Les agriculteurs biologiques espèrent malgré tout pouvoir profiter de l’évolution de modulation. Olivier Clément, membre de la Fnab, explique: «Si les ressources du Programme de développement rural hexagonal (PDRH) augmentent à travers la modulation, l’agriculture biologique devrait bénéficier d’un budget supérieur». Il approuve la hausse annoncée de la contribution financière de l’Union européenne aux «nouveaux défis», qui sera de 75% au lieu de 50%, portant ainsi la participation de la France à 25% seulement. La Fnab se demande toutefois si l’agriculture bio sera bien une priorité du gouvernement, même si des objectifs ont été fixés lors du Grenelle.

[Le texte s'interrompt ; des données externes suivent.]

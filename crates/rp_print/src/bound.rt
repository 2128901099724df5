//! The lines of bounds with their pairs.
ghost use Rattle.std.specs.Prelude.{◌≡◌, ◌++◌, OnOk};
ghost use Rattle.rp_print.specs.BoundText.{bound_text, bounds_text, entry_text, pair_line};
ghost use Rattle.rp_print.specs.BoundText.{pair_text};

use crate::entry::{Fraction, LongNumber, Ordinal, Print};
use crate::line::push_after;
use crate::list::push_list;
use rp_evidence::Bound;
use rp_farkas::{Entry, Pair};
use rp_num::NoMemory;
use std::alloc::Global;

/// An entry of a point: its column, which is counted from 1, and its value.
pub struct PointEntry;

impl Print for PointEntry {
    type Entry = Entry;

    ghost text = { entry_text };

    fn push(alloc: Global, out: &mut Vec<u8>, entry: Entry) -> Result<(), NoMemory> {
        Ordinal::push(alloc, out, entry.at)?;
        push_after::<LongNumber>(alloc, out, b":", entry.value)
    }
}

/// Appends a bound: its value, or the step at which it is withheld.
pub fn push_bound(alloc: Global, out: &mut Vec<u8>, bound: &Bound) -> Result<(), NoMemory>
    ensures { OnOk result (out.new.items ≡ out.old.items ++ bound_text bound.now) }
{
    match bound {
        Bound::Shown { value, .. } => Fraction::push(alloc, out, *value),
        Bound::Wide { step } => push_after::<LongNumber>(alloc, out, b"withheld ", *step),
    }
}

/// Appends a bound from below, and a cost from above with the observation that has it, which is counted from 0.
pub fn push_bounds(
    alloc: Global,
    out: &mut Vec<u8>,
    lower: &Bound,
    upper: u64,
    at: u32,
) -> Result<(), NoMemory>
    ensures { OnOk result (out.new.items ≡ out.old.items ++ bounds_text lower.now upper at) }
{
    out.extend_from_slice(b" lower ")?;
    push_bound(alloc, out, lower)?;
    push_after::<LongNumber>(alloc, out, b" upper ", upper)?;
    push_after::<Ordinal>(alloc, out, b" at ", at)
}

/// Appends the line of a shown bound's pair, after a word; nothing where the bound is withheld.
pub fn push_pair_line(
    alloc: Global,
    out: &mut Vec<u8>,
    word: &[u8],
    bound: &Bound,
) -> Result<(), NoMemory>
    ensures { OnOk result (out.new.items ≡ out.old.items ++ pair_line word.now bound.now) }
{
    match bound {
        Bound::Wide { .. } => Ok(()),
        Bound::Shown { pair, .. } => {
            out.extend_from_slice(word)?;
            push_pair(alloc, out, pair)?;
            out.push(b'\n')?;
            Ok(())
        }
    }
}

/// Appends a pair: its prices, the positive entries of its point, and their denominator.
fn push_pair(alloc: Global, out: &mut Vec<u8>, pair: &Pair) -> Result<(), NoMemory>
    ensures { OnOk result (out.new.items ≡ out.old.items ++ pair_text pair.now) }
{
    out.extend_from_slice(b"x ")?;
    push_list::<LongNumber>(alloc, out, pair.x.as_slice())?;
    out.extend_from_slice(b" y ")?;
    push_list::<PointEntry>(alloc, out, pair.y.as_slice())?;
    push_after::<LongNumber>(alloc, out, b" over ", pair.den)
}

Les Etats membres ont par ailleurs confirmé la possibilité de recourir à l’article 68 du règlement Pac, dont le champ d’action originellement centré sur les systèmes de production favorables à l’environnement et l’amélioration de la qualité des produits, s’applique aussi, dorénavant, aux secteurs en difficulté (production de lait, élevages caprins...) et à la couverture des risques climatiques et sanitaires. Jusqu’à présent, la France n’a pas activé cet article. Désormais, plusieurs secteurs se retrouvent «en concurrence» pour recevoir un montant d’aides plafonné à 10% du budget national, soit environ 900 millions d’euros en France. Pour la Fnab, l’article 68 est «une tirelire pour de trop nombreux secteurs». «Tout l’enjeu réside dans le débat national qui décidera de la répartition des aides», résume Jean-Claude Bévillard, chargé des questions agricoles à la fédération d’associations de défense de l’environnement France nature environnement (FNE).

Au final, le groupe Pac 2013 estime que l’accord des ministres européens «ne propose pas de direction claire à ce que sera la Pac après 2013», et appelle à une prise en compte des collectivités et de la société civile dans l’élaboration d’une politique européenne alimentaire, environnementale et rurale durable.